We have a dozen or so servers we pull access logs off of with logstash running on each of those and they're sent to our ES cluster. I've now configured a 1 hour Rollup in our ES cluster. Over the years we've run into a few occurrences where Logstash was down for a day or two before we caught the problem at which point we started up logstash and all the old records were sent to ES.
But what happens with rollups in this scenario. If the rollup job is running every hour will it detect that older data was added to ES? Or will it simply be ignored?
The latter option: late data is currently ignored after the time period is rolled up.
If you know there is a reasonable chance of late-arriving data, you can set the
delay parameter on the rollup job. That prevent the job from rolling up a bucket of time until the delay has passed. E.g. if you set it to
24h, it will wait 24 hours after the bucket is "finished" before rolling it up, to allow late data to arrive.

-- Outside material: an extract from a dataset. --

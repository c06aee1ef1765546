// No functions: what the block driver is to do, and what follows of every picture that it finishes. specs/ has the definitions, proofs/ the laws.
#![tactic(auto)]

The downside is of course your rollups (and aggregations/visualizations/etc) are always lagging by the delay amount. If you don't mind the delay -- or have live data to fill in the gap -- adding a day or seven to the delay would be the solution.
It's theoretically possible to go back and update the bucket when new data arrives. We'd probably need the user to invoke some sort of "re-rollup" API to target a specific time period, and then we could go remove all existing docs for that interval and re-rollup. But it sounded sufficiently complicated we decided to leave that on the wishlist for now
Yeah, a "re-rollup" API would be amazing, but I can appreciate its complexity. Would it work for a "re-rollup" to create a newer "_version" of the given doc and then remove the doc with the older _version?
For now, I've reconciled to re-indexing my rollup in the event we're missing data. This happens a couple times a year.
Actually, if the
_rollup_search could point to an alias, this would partially solve the problem for us. If we created a new version of a rollup, we would simply update the alias to point to the newer index.